My hope is that a better understanding of the uses of inline styling will allow us to reduce the overall amount of it in smart ways. Semantic CSS classes and per-page or per-template CSS files might be part of this.
MZMcBride
Is this direct usage of the styling, or does it include styling introduced by templates as well?
On Monday, October 26, 2015, MZMcBride z@mzmcbride.com wrote:
Hi.
I was curious about the prevalence and types of inline styling (or more specifically, inline CSS) in articles on the English Wikipedia.
The relevant task is here: https://phabricator.wikimedia.org/T115228. The results are here: https://phabricator.wikimedia.org/P2230.
The following are the top ten instances of inline styling from main namespace pages on the English Wikipedia, as of about 2015-10-02:
1552197 text-align: center; 499756 text-align: left; 355952 background: #dfffdf; 235222 background: #cfcfff; 215038 background: #efcfff; 210702 text-align: right; 143095 display: none; 93646 background: #efefef; 86391 font-size: 90%; 80420 background: #fff;
My hope is that a better understanding of the uses of inline styling will allow us to reduce the overall amount of it in smart ways. Semantic CSS classes and per-page or per-template CSS files might be part of this.
MZMcBride
Wikitech-l mailing list Wikitech-l@lists.wikimedia.org javascript:; https://lists.wikimedia.org/mailman/listinfo/wikitech-l
K. Peachey wrote:
Is this direct usage of the styling, or does it include styling introduced by templates as well?
Just direct usage of styling, specifically anything approximately matching 'style="[...]"'. The script only looked at the wikitext directly used in pages as that's what's provided by the XML dumps.
I think having styling in templates is at least a much better place for it, as template invocations are tracked/indexed by MediaWiki and the use of templates means that the styling code is a lot more centralized.
MZMcBride
On 2015-10-25 8:27 PM, MZMcBride wrote:
K. Peachey wrote:
Is this direct usage of the styling, or does it include styling introduced by templates as well?

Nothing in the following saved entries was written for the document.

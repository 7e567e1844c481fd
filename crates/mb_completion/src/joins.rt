//! The joins of a made certificate.

ghost use Rattle.std.specs.Prelude.{◌≡◌, ◌<◌, ◌+◌, All, IfOk, OnOk, length};
ghost use Rattle.mb_certificate.specs.Certificate.{IsJoin};
ghost use Rattle.mb_completion.specs.Made.{AreNormalJoins, IsNormalJoin};
ghost use Rattle.mb_completion.specs.Run.{AreLightPeaks};
ghost use Rattle.mb_completion.specs.loops.Making.{AreJoining};
ghost use Rattle.mb_order.specs.Peak.{left_of};
ghost use Rattle.mb_order.specs.Weight.{IsLight};
ghost use Rattle.mb_tables.specs.Vectors.{greater};

use crate::run::{is_shared, peak, rewrite};
use crate::traces::trace_of;
use mb_certificate::Join;
use mb_rules::Rules;
use mb_tables::OutOfMemory;
use std::alloc::Global;

/// The join of two rules: how what they make of their peak comes to normal form.
fn join(alloc: Global, rules: &Rules, i: u32, j: u32) -> Result<Join, OutOfMemory>
    requires first { i < length rules.now.rules }
    requires second { j < length rules.now.rules }
    requires light { IsLight rules.now.matrix
        (greater (left_of rules.now.rules i) (left_of rules.now.rules j)) }
    ensures low { IfOk result (λ join. join.low ≡ i) }
    ensures high { IfOk result (λ join. join.high ≡ j) }
    ensures normal { IfOk result (IsNormalJoin rules.now.rules) }
    ensures sound { IfOk result IsJoin }
{
    let mut q = peak(alloc, rules, i, j)?;
    let mut p = q.try_copy(alloc)?;
    rewrite(rules, i, &mut p);
    rewrite(rules, j, &mut q);
    Ok(Join {
        low: i,
        high: j,
        low_steps: trace_of(alloc, rules, &p)?,
        high_steps: trace_of(alloc, rules, &q)?,
    })
}

/// Adds the join of a pair of rules, if their left sides share a symbol.
fn add_join(
    alloc: Global,
    rules: &Rules,
    i: u32,
    j: u32,
    joins: &mut Vec<Join>,
) -> Result<(), OutOfMemory>
    requires first { i < j }
    requires second { j < length rules.now.rules }
    requires peaks { AreLightPeaks rules.now.matrix rules.now.rules }
    requires so_far { AreJoining rules.now.rules i j joins.old.items }
    ensures { OnOk result (AreJoining rules.now.rules (i + 1) j joins.new.items) }
{
    if !is_shared(rules, i, j) {
        return Ok(());
    }
    joins.push(join(alloc, rules, i, j)?)?;
    Ok(())
}

/// Adds the joins of a rule with those before it.
fn add_row(alloc: Global, rules: &Rules, j: u32, joins: &mut Vec<Join>) -> Result<(), OutOfMemory>
    requires row { j < length rules.now.rules }
    requires peaks { AreLightPeaks rules.now.matrix rules.now.rules }
    requires so_far { AreJoining rules.now.rules 0 j joins.old.items }
    ensures { OnOk result (AreJoining rules.now.rules 0 (j + 1) joins.new.items) }
{
    for i in 0..j {
        add_join(alloc, rules, i, j, joins)?;
    }
    Ok(())
}

/// The joins of all pairs of rules whose left sides share a symbol, in the order of a run.
pub fn joins_of(alloc: Global, rules: &Rules) -> Result<Vec<Join>, OutOfMemory>
    requires { AreLightPeaks rules.now.matrix rules.now.rules }
    ensures normal { IfOk result (λ joins. AreNormalJoins rules.now.rules joins.items) }
    ensures sound { IfOk result (λ joins. All IsJoin joins.items) }
{
    let mut joins = Vec::new(alloc);
    for j in 0..rules.len() {
        add_row(alloc, rules, j, &mut joins)?;
    }
    Ok(joins)
}
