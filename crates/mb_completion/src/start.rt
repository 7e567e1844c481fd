//! The rules that a run begins with.

ghost use Rattle.std.specs.Prelude.{◌≡◌, ◌<◌, IfOk, length};
ghost use Rattle.mb_completion.specs.Start.{birth_of, births_of};
ghost use Rattle.mb_matrix.specs.Matrix.{column_at};
ghost use Rattle.mb_rules.specs.Sides.{RuleSuits, sides};

use mb_matrix::Matrix;
use mb_order::{Monomial, Order, column_of, unit_of, zeros_of};
use mb_rules::{Rule, Rules};
use mb_tables::OutOfMemory;
use std::alloc::Global;

/// The rule from the margins' symbols of a column to its cell's symbol.
pub fn birth(alloc: Global, matrix: &Matrix, cell: u32) -> Result<Rule, OutOfMemory>
    requires { cell < length matrix.now.columns }
    ensures sides { IfOk result (λ r. sides r ≡ birth_of matrix.now.rows
        (length matrix.now.columns) cell (column_at matrix.now cell)) }
    ensures shape { IfOk result (RuleSuits matrix.now) }
{
    let cells = matrix.cols() as usize;
    let column = column_of(alloc, matrix, cell)?;
    let no_cells = zeros_of(alloc, cells)?;
    let no_margins = zeros_of(alloc, matrix.rows() as usize)?;
    let one_cell = unit_of(alloc, cells, cell as usize)?;
    Ok(Rule {
        left: Monomial::try_new(alloc, column.as_slice(), no_cells.as_slice())?,
        right: Monomial::try_new(alloc, no_margins.as_slice(), one_cell.as_slice())?,
    })
}

/// The rules that a run begins with, one for each column.
pub fn first_rules(alloc: Global, matrix: &Matrix, order: Order) -> Result<Rules, OutOfMemory>
    ensures matrix { IfOk result (λ l. l.matrix ≡ matrix.now) }
    ensures order { IfOk result (λ l. l.order ≡ order) }
    ensures rules { IfOk result (λ l. l.rules ≡ births_of matrix.now) }
{
    let mut rules = Rules::new(alloc, matrix, order)?;
    for cell in 0..matrix.cols() {
        rules.push(birth(alloc, matrix, cell)?)?;
    }
    Ok(rules)
}
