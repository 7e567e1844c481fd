//! The run: pairs take turns, and where their normal forms differ, a rule is born.

ghost use Rattle.std.specs.Bool.{OnTrue};
ghost use Rattle.std.specs.Prelude.{◌≡◌, ◌<◌, ◌≤◌, ◌+◌, ◌-◌, IfErr, IfOk, List, OnOk, length, true, ℕ};
ghost use Rattle.mb_completion.specs.Faults.{Stops};
ghost use Rattle.mb_completion.specs.Limits.{most_looks};
ghost use Rattle.mb_completion.specs.Run.{AreLight, Finished, RunEnds};
ghost use Rattle.mb_completion.specs.Start.{births_of};
ghost use Rattle.mb_completion.specs.loops.Going.{GoesOn, pairs_before};
ghost use Rattle.mb_completion.specs.loops.Looking.{HasLooked, IsBorn, IsHeavyPair};
ghost use Rattle.mb_order.specs.Peak.{left_of, sides_of};
ghost use Rattle.mb_order.specs.Rewriting.{made};
ghost use Rattle.mb_order.specs.Weight.{IsLight, Suits, weights};
ghost use Rattle.mb_rules.specs.Limits.{most_rules};
ghost use Rattle.mb_rules.specs.NormalForm.{IsFirst, NormalBy};
ghost use Rattle.mb_rules.specs.RuleList.{cmp_of};
ghost use Rattle.mb_tables.specs.Vectors.{greater, shares, within};

use crate::fault::CompleteFault;
use crate::start::first_rules;
use mb_matrix::Matrix;
use mb_order::{Monomial, Order};
use mb_rules::{Rule, Rules};
use mb_tables::OutOfMemory;
use std::alloc::Global;
use std::cmp::Ordering;

/// The least common multiple of the left sides of two rules.
pub fn peak(alloc: Global, rules: &Rules, i: u32, j: u32) -> Result<Monomial, OutOfMemory>
    requires first { i < length rules.now.rules }
    requires second { j < length rules.now.rules }
    ensures peak { IfOk result
        (λ m. m.list ≡ greater (left_of rules.now.rules i) (left_of rules.now.rules j)) }
    ensures shape { IfOk result (λ m. Suits rules.now.matrix m) }
{
    let low = rules.get(i);
    let high = rules.get(j);
    low.left.lcm(alloc, &high.left)
}

/// Rewrites a monomial by a rule whose left side divides it.
pub fn rewrite(rules: &Rules, k: u32, m: &mut Monomial)
    requires rule { k < length rules.now.rules }
    requires shape { Suits rules.now.matrix m.old }
    requires light { IsLight rules.now.matrix m.old.list }
    requires divides { within (left_of rules.now.rules k) m.old.list ≡ true }
    ensures made { m.new.list ≡ made (sides_of rules.now.rules k) m.old.list }
    ensures light { IsLight rules.now.matrix m.new.list }
    ensures shape { Suits rules.now.matrix m.new }
    ensures weight { weights rules.now.matrix m.new.list ≡ weights rules.now.matrix m.old.list }
{
    let rule = rules.get(k);
    m.rewrite(&rule.left, &rule.right);
}

/// Rewrites a monomial by a rule whose left side divides it, and brings it to normal form.
fn lower(rules: &Rules, k: u32, m: &mut Monomial)
    requires rule { k < length rules.now.rules }
    requires shape { Suits rules.now.matrix m.old }
    requires light { IsLight rules.now.matrix m.old.list }
    requires divides { within (left_of rules.now.rules k) m.old.list ≡ true }
    ensures normal { (trace : List ℕ) × NormalBy rules.now.rules trace
        (made (sides_of rules.now.rules k) m.old.list) m.new.list }
    ensures irreducible { IsFirst rules.now.rules (length rules.now.rules) m.new.list }
    ensures shape { Suits rules.now.matrix m.new }
    ensures weight { weights rules.now.matrix m.new.list ≡ weights rules.now.matrix m.old.list }
{
    rewrite(rules, k, m);
    rules.reduce(m);
}

/// The same beside a monomial that no rule fits. The answer is whether the normal form is that
/// monomial.
fn lower_beside(rules: &Rules, k: u32, m: &mut Monomial, form: &Monomial) -> bool
    requires rule { k < length rules.now.rules }
    requires shape { Suits rules.now.matrix m.old }
    requires light { IsLight rules.now.matrix m.old.list }
    requires divides { within (left_of rules.now.rules k) m.old.list ≡ true }
    requires form_shape { Suits rules.now.matrix form.now }
    requires irreducible { IsFirst rules.now.rules (length rules.now.rules) form.now.list }
    ensures normal { (trace : List ℕ) × NormalBy rules.now.rules trace
        (made (sides_of rules.now.rules k) m.old.list) m.new.list }
    ensures same { OnTrue result (m.new.list ≡ form.now.list) }
    ensures shape { Suits rules.now.matrix m.new }
    ensures weight { weights rules.now.matrix m.new.list ≡ weights rules.now.matrix m.old.list }
{
    rewrite(rules, k, m);
    rules.reduce_beside(m, form)
}

/// Where two monomials differ, adds the rule from the larger to the smaller.
fn add(rules: &mut Rules, p: Monomial, q: Monomial) -> Result<(), OutOfMemory>
    requires first { Suits rules.old.matrix p }
    requires second { Suits rules.old.matrix q }
    requires weight { weights rules.old.matrix p.list ≡ weights rules.old.matrix q.list }
    requires few { length rules.old.rules < most_rules }
    requires light { AreLight rules.old.matrix rules.old.rules }
    requires light_first { IsLight rules.old.matrix p.list }
    ensures light { OnOk result (AreLight rules.old.matrix rules.new.rules) }
    ensures born { OnOk result (IsBorn (cmp_of rules.old.order rules.old.matrix) p.list q.list
        rules.old.rules rules.new.rules) }
    ensures matrix { rules.new.matrix ≡ rules.old.matrix }
    ensures order { rules.new.order ≡ rules.old.order }
{
    let _rules = rules.len();
    match rules.order().compare(&p, &q) {
        Ordering::Equal => Ok(()),
        Ordering::Greater => rules.push(Rule { left: p, right: q }),
        Ordering::Less => rules.push(Rule { left: q, right: p }),
    }
}

/// Looks at a pair: brings the two sides of its peak to normal form, and adds what they make.
fn look(alloc: Global, rules: &mut Rules, i: u32, j: u32) -> Result<(), CompleteFault>
    requires first { i < length rules.old.rules }
    requires second { j < length rules.old.rules }
    requires few { length rules.old.rules < most_rules }
    requires light { AreLight rules.old.matrix rules.old.rules }
    ensures light { OnOk result (AreLight rules.old.matrix rules.new.rules) }
    ensures looked { OnOk result
        (HasLooked rules.old.matrix rules.old.order i j rules.old.rules rules.new.rules) }
    ensures matrix { rules.new.matrix ≡ rules.old.matrix }
    ensures order { rules.new.order ≡ rules.old.order }
    ensures heavy { IfErr result (IsHeavyPair rules.old.matrix rules.old.rules i j) }
{
    let m = peak(alloc, rules, i, j)?;
    if !m.is_light(rules.matrix()) {
        return Err(CompleteFault::Exponent { pair: (i, j) });
    }
    let mut p = m.try_copy(alloc)?;
    lower(rules, i, &mut p);
    let mut q = m;
    if lower_beside(rules, j, &mut q, &p) {
        return Ok(());
    }
    add(rules, p, q)?;
    Ok(())
}

/// Whether the left sides of two rules share a symbol.
pub fn is_shared(rules: &Rules, i: u32, j: u32) -> bool
    requires first { i < length rules.now.rules }
    requires second { j < length rules.now.rules }
    ensures { result ≡ shares (left_of rules.now.rules i) (left_of rules.now.rules j) }
{
    let low = rules.get(i);
    let high = rules.get(j);
    low.left.shares(&high.left)
}

/// The turn of a pair: it is passed where the left sides share no symbol, and else looked at.
/// The answer is the number of looks since.
fn take_turn(
    alloc: Global,
    rules: &mut Rules,
    i: u32,
    j: u32,
    pairs: u32,
    looks: u32,
) -> Result<u32, CompleteFault>
    requires first { i < j }
    requires second { j < length rules.old.rules }
    requires looks { looks ≤ pairs }
    requires few { length rules.old.rules + (pairs - looks) ≤ most_rules }
    requires place { looks ≡ length (pairs_before rules.old.rules i j) }
    requires light { AreLight rules.old.matrix rules.old.rules }
    ensures light { IfOk result (λ done. AreLight rules.old.matrix rules.new.rules) }
    ensures goes_on { IfOk result (λ done. GoesOn rules.old.matrix rules.old.order pairs
        rules.old.rules looks rules.new.rules done) }
    ensures place { IfOk result (λ done. done ≡ length (pairs_before rules.new.rules (i + 1) j)) }
    ensures matrix { rules.new.matrix ≡ rules.old.matrix }
    ensures order { rules.new.order ≡ rules.old.order }
    ensures stops { IfErr result
        (Stops rules.old.matrix rules.old.order (pairs - looks) rules.old.rules looks) }
{
    if !is_shared(rules, i, j) {
        return Ok(looks);
    }
    if looks == pairs {
        return Err(CompleteFault::Unfinished {
            looked: looks,
            left: (i, j),
        });
    }
    look(alloc, rules, i, j)?;
    Ok(looks + 1)
}

/// The turns of all pairs of a rule with those born before it.
fn take_row(
    alloc: Global,
    rules: &mut Rules,
    j: u32,
    pairs: u32,
    looks: u32,
) -> Result<u32, CompleteFault>
    requires row { j < length rules.old.rules }
    requires looks { looks ≤ pairs }
    requires few { length rules.old.rules + (pairs - looks) ≤ most_rules }
    requires place { looks ≡ length (pairs_before rules.old.rules 0 j) }
    requires light { AreLight rules.old.matrix rules.old.rules }
    ensures light { IfOk result (λ done. AreLight rules.old.matrix rules.new.rules) }
    ensures goes_on { IfOk result (λ done. GoesOn rules.old.matrix rules.old.order pairs
        rules.old.rules looks rules.new.rules done) }
    ensures place { IfOk result (λ done. done ≡ length (pairs_before rules.new.rules 0 (j + 1))) }
    ensures matrix { rules.new.matrix ≡ rules.old.matrix }
    ensures order { rules.new.order ≡ rules.old.order }
    ensures stops { IfErr result
        (Stops rules.old.matrix rules.old.order (pairs - looks) rules.old.rules looks) }
{
    let mut done = looks;
    for i in 0..j {
        done = take_turn(alloc, rules, i, j, pairs, done)?;
    }
    Ok(done)
}

/// The run: the rules at its end, and the number of looks.
pub fn run(
    alloc: Global,
    matrix: &Matrix,
    order: Order,
    pairs: u32,
) -> Result<(Rules, u32), CompleteFault>
    requires { pairs ≤ most_looks }
    ensures finished { IfOk result
        (λ end. RunEnds matrix.now order pairs (Finished end.0.rules end.1)) }
    ensures light { IfOk result (λ end. AreLight matrix.now end.0.rules) }
    ensures matrix { IfOk result (λ end. end.0.matrix ≡ matrix.now) }
    ensures order { IfOk result (λ end. end.0.order ≡ order) }
    ensures stops { IfErr result (Stops matrix.now order pairs (births_of matrix.now) 0) }
{
    let _cells = matrix.rows();
    let mut rules = first_rules(alloc, matrix, order)?;
    let mut looks = 0u32;
    let mut j = 0u32;
    while j < rules.len() {
        looks = take_row(alloc, &mut rules, j, pairs, looks)?;
        j += 1;
    }
    Ok((rules, looks))
}
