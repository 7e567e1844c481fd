//! The traces of normal forms.

ghost use Rattle.std.specs.Prelude.{◌<◌, ◌^◌, IfOk, length};
ghost use Rattle.mb_certificate.specs.Certificate.{AreNumbers};
ghost use Rattle.mb_completion.specs.Made.{IsNormalTrace};
ghost use Rattle.mb_order.specs.Weight.{IsLight, Suits};

use mb_order::Monomial;
use mb_rules::Rules;
use mb_tables::OutOfMemory;
use std::alloc::Global;

/// The numbers of the rules that lead a monomial to its normal form, in order.
pub fn trace_of(alloc: Global, rules: &Rules, m: &Monomial) -> Result<Vec<u32>, OutOfMemory>
    requires shape { Suits rules.now.matrix m.now }
    requires light { IsLight rules.now.matrix m.now.list }
    ensures normal { IfOk result (λ t. IsNormalTrace rules.now.rules t.items m.now.list) }
    ensures numbers { IfOk result (λ t. AreNumbers t.items) }
    ensures short { IfOk result (λ t. length t.items < 2 ^ 64) }
{
    let (_form, trace) = rules.normal(alloc, m)?;
    let steps = trace.steps();
    let _long = steps.len();
    Ok(Vec::from_slice(alloc, steps)?)
}
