//! Runs the lines of a script, at any machine and over any devices that never fail.

ghost use Rattle.std.specs.Prelude.{◌≡◌, ◌≤◌, ◌<◌, ◌^◌, ◌||◌, ℕ, [], length, All, Ok, Err, IfErr, IfOk, OnOk};
ghost use Rattle.rp_model.specs.World.{part_at};
ghost use Rattle.rp_model.specs.declared.event.Event.{Event as EventOf};
ghost use Rattle.rp_model.specs.declared.event.Event.TheVariants.{Node};
ghost use Rattle.rp_model.specs.declared.event.Step.TheVariants.{Deliver};
ghost use Rattle.rp_world.specs.rp_actors.specs.Steps.{ClusterState, IsStep};
ghost use Rattle.rp_deck.specs.Script.{FitsIn, IsEventWithin, IsMessage};
ghost use Rattle.rp_run.specs.GoingOn.{RunGoesOn};
ghost use Rattle.rp_run.specs.Items.{items_text};
ghost use Rattle.rp_run.specs.Output.{Play, event_said, lost, drained, part_items, nodes_items, command_said, run_said, text_of_said, is_restart, is_full};
ghost use Rattle.rp_run.specs.Runs.{run_setting, opening_cluster, printed_text, HasParts, Follows, Says};
ghost use Rattle.rp_run.specs.declared.options.RunOptions.{RunOptions as RunOptionsOf};
ghost use Rattle.rp_output.specs.Stream.{Writes};
ghost use Rattle.rp_run.specs.Faults.{IsDeviceRunFault};
ghost use Rattle.rp_output.specs.Faults.{IsRunFault};

use crate::effects::{is_restart, print_dropped, print_restart, print_taken, print_trace};
use crate::options::RunOptions;
use crate::settled::Settled;
use crate::settled_message::settled_by;
use rp_base::{Fault, NodeId};
use rp_deck::{Command, Line};
use rp_machine::Machine;
use rp_model::{Dropped, Effect, Event, Step, worlds_grow};
use rp_output::{DrainLimitLine, NodeLine, NodeState, RefusedLine, is_refusal, print, write_whole};
use rp_store::{CutDevice, InfallibleDevice};
use rp_world::{Cluster, no_effect};
use std::alloc::Global;
use std::io::Write;

/// Runs the lines of a script over a cluster of new devices that never fail, and writes what they
/// print. A fault ends the run at once, and then a prefix of that is written. It is `OutOfMemory` or
/// `Io`.
pub fn run_lines<M: Machine, D: CutDevice + InfallibleDevice, W: Write>(
    alloc: Global,
    options: &RunOptions<'_>,
    program: M::Program,
    devices: Vec<D>,
    writer: &mut W,
) -> Result<(), Fault>
    requires devices { length devices.items ≡ options.now.config.nodes }
    requires empty { All (λ d. (D.disk d).contents ≡ []) devices.items }
    requires lines { All (λ line. FitsIn options.now.config.nodes 8 8 line.command)
        options.now.lines.now }
    // claim: What a run prints is the stated output of its deck, with its packets if this is asked
    //   for; if a fault ends the run, it is a prefix of that, for every machine and over any
    //   devices that never fail. If a fault ends such a run, it is `OutOfMemory` or `Io`: a run in
    //   memory never returns `Device`
    ensures output { Writes (W.contents writer.old) (W.contents writer.new)
        (text_of_said (run_said (run_setting M.next M.answers M.begin M.image
        (opening_cluster options.now.config program) options.now)
        options.now.most options.now.lines.now)) result }
    ensures fault { IfErr result IsRunFault }
{
    let mut run = Run {
        alloc,
        cluster: Cluster::<M, D>::new(alloc, options.config, program, devices)?,
        settled: Settled::new(alloc),
    };
    for line in options.lines {
        let taken = run.take(options, line, writer);
        run.cluster.never_failed();
        taken?;
    }
    Ok(())
}
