//! What reads the texts that a desk is given.

ghost use Rattle.std.specs.Prelude.{◌≡◌, ℕ, List, Option, IfOk, map};
ghost use Rattle.desk_model.specs.Listings.{IsCost};
ghost use Rattle.desk_model.specs.Readings.{Readings};
ghost use Rattle.desk_access.specs.Reading.{TellsExpression};
ghost use Rattle.desk_base.specs.declared.profile.Profile.{Profile};

use desk_base::{Items, Text, TextList};
use desk_model::{
    Catalogue, CatalogueFault, Cheapest, Document, DocumentFault, ExpressionFault, Finding,
    LicenceText, ListFault, Profile, Verdict,
};
use std::alloc::{AllocError, Global};

/// A reader of texts. Its own definitions say which readings are right, and it returns what each of
/// these gives. A licence expression is read once and then asked about.
pub trait Texts {
    /// A licence expression that was read.
    type Expression: Drop;

    /// The readings that say of each text what it says.
    ghost are_right: { Readings → Type 0 };

    /// The expression is what the text says, with operators written by the profile.
    ghost is_of: { Profile → List ℕ → Self.Expression → Type 0 };

    /// The catalogue that a text is, or its fault.
    fn catalogue(
        &self,
        alloc: Global,
        text: &str,
    ) -> Result<Result<Catalogue, CatalogueFault>, AllocError>
        ensures { (w : Readings) → are_right w
            → IfOk result (λ read. read ≡ w.catalogue text.now) };

    /// The document that bytes spell, or their fault.
    fn document(
        &self,
        alloc: Global,
        bytes: &[u8],
    ) -> Result<Result<Document, DocumentFault>, AllocError>
        ensures { (w : Readings) → are_right w
            → IfOk result (λ read. read ≡ w.document bytes.now) };

    /// The licence term that a text spells, printed.
    fn term(&self, alloc: Global, text: &str) -> Result<Option<Text>, AllocError>
        ensures { (w : Readings) → are_right w → IfOk result (λ term. term ≡ w.term text.now) };

    /// The reference that a printed term names, without its exception.
    fn reference(&self, alloc: Global, term: &str) -> Result<Option<Text>, AllocError>
        ensures { (w : Readings) → are_right w
            → IfOk result (λ reference. reference ≡ w.reference term.now) };

    /// Whether a printed term is only a licence: no reference, no plus, no exception.
    fn is_licence(&self, term: &str) -> bool
        ensures { (w : Readings) → are_right w → result ≡ w.is_licence term.now };

    /// A licence, with the exception of a printed term.
    fn adopted_as(&self, alloc: Global, licence: &str, term: &str) -> Result<Text, AllocError>
        ensures { (w : Readings) → are_right w → IfOk result (λ adopted.
            adopted ≡ w.adopted_as licence.now term.now) };

    /// The id of the licence that a printed term names, without its plus and exception, if it names
    /// no reference.
    fn licence_id(&self, alloc: Global, term: &str) -> Result<Text, AllocError>
        ensures { (w : Readings) → are_right w → IfOk result (λ id. id ≡ w.licence_id term.now) };

    /// The exception of a printed term, if it has one.
    fn exception(&self, alloc: Global, term: &str) -> Result<Option<Text>, AllocError>
        ensures { (w : Readings) → are_right w
            → IfOk result (λ exception. exception ≡ w.exception term.now) };

    /// The texts of licences and exceptions in the catalogue that a text is: an entry for each id,
    /// `None` if the catalogue has no text for it or the text isn't a catalogue.
    fn licence_texts(
        &self,
        alloc: Global,
        text: &str,
        ids: &[&str],
    ) -> Result<Items<Option<LicenceText>>, AllocError>
        ensures { (w : Readings) → are_right w → IfOk result (λ found.
            found ≡ map (λ id. w.licence_text text.now id.now) ids.now) };

    /// The licence expression that a text is, if it is one.
    fn expression(
        &self,
        alloc: Global,
        profile: Profile,
        text: &str,
    ) -> Result<Option<Self::Expression>, AllocError>
        ensures { (w : Readings) → are_right w
            → IfOk result (TellsExpression is_of w profile text.now) };

    /// Why a text isn't a licence expression, if it isn't one.
    fn expression_fault(
        &self,
        alloc: Global,
        profile: Profile,
        text: &str,
    ) -> Result<Option<ExpressionFault>, AllocError>
        ensures { (w : Readings) → are_right w → IfOk result (λ fault.
            fault ≡ w.expression_fault profile text.now) };

    /// How the terms, as printed, relate to an expression.
    fn verdict(
        &self,
        alloc: Global,
        expression: &Self::Expression,
        terms: &TextList,
    ) -> Result<Verdict, AllocError>
        ensures { (w : Readings) → are_right w → (profile : Profile) (text : List ℕ)
            → is_of profile text expression.now
            → IfOk result (λ verdict. verdict ≡ w.verdict profile text terms.now) };

    /// The minimal sets of terms, as printed, under which an expression is true, or why they aren't
    /// listed.
    fn alternatives(
        &self,
        alloc: Global,
        expression: &Self::Expression,
    ) -> Result<Result<Items<Items<Text>>, ListFault>, AllocError>
        ensures { (w : Readings) → are_right w → (profile : Profile) (text : List ℕ)
            → is_of profile text expression.now
            → IfOk result (λ sets. sets ≡ w.alternatives profile text) };

    /// The distinct terms of an expression, printed, in order.
    fn terms(&self, alloc: Global, expression: &Self::Expression) -> Result<Items<Text>, AllocError>
        ensures { (w : Readings) → are_right w → (profile : Profile) (text : List ℕ)
            → is_of profile text expression.now
            → IfOk result (λ terms. terms ≡ w.terms profile text) };

    /// The cheapest set of terms, as printed, under which an expression is true. The costs are
    /// those of its distinct terms in order, each at most 1,000,000.
    fn cheapest(
        &self,
        alloc: Global,
        expression: &Self::Expression,
        costs: &[Option<u64>],
    ) -> Result<Result<Option<Cheapest>, ListFault>, AllocError>
        ensures { (w : Readings) → are_right w → (profile : Profile) (text : List ℕ)
            → is_of profile text expression.now → (cost : List ℕ → Option ℕ) → IsCost cost
            → costs.now ≡ map cost (w.terms profile text)
            → IfOk result (λ found. found ≡ w.cheapest profile text cost) };

    /// The findings of the document that bytes spell.
    fn findings(
        &self,
        alloc: Global,
        profile: Profile,
        bytes: &[u8],
    ) -> Result<Items<Finding>, AllocError>
        ensures { (w : Readings) → are_right w
            → IfOk result (λ rows. rows ≡ w.findings profile bytes.now) };
}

Just direct usage of styling, specifically anything approximately matching 'style="[...]"'. The script only looked at the wikitext directly used in pages as that's what's provided by the XML dumps.
I think having styling in templates is at least a much better place for it, as template invocations are tracked/indexed by MediaWiki and the use of templates means that the styling code is a lot more centralized.
MZMcBride
Perhaps some deeper segregation of those stats would be useful. ie: Separate the numbers of styles used between templates and pages.
Then we might have a better idea of what kind of patterns are being used directly in pages that should actually be moved to templates or stylesheets.
~Daniel Friesen (Dantman, Nadir-Seen-Fire) [http://danielfriesen.name/]
Daniel Friesen wrote:
Perhaps some deeper segregation of those stats would be useful. ie: Separate the numbers of styles used between templates and pages.
Then we might have a better idea of what kind of patterns are being used directly in pages that should actually be moved to templates or stylesheets.
This reply confused me a little. The script I ran exclusively looked at pages in the main namespace and exclusively looked at an XML dump, which is unexpanded wikitext. That is, assuming people aren't doing a lot of inline styling as arguments/parameters to templates, we should already have a decent amount of segregation as I only looked at direct uses.
Looking at the template namespace or looking at pages post-expansion would be annoying. I think templates aren't necessarily a bad place for inline styling, so I'm a lot less focused on templates than I am on articles.
Vi to wrote:
Do you have a old dump to check whatever the ratio has increased?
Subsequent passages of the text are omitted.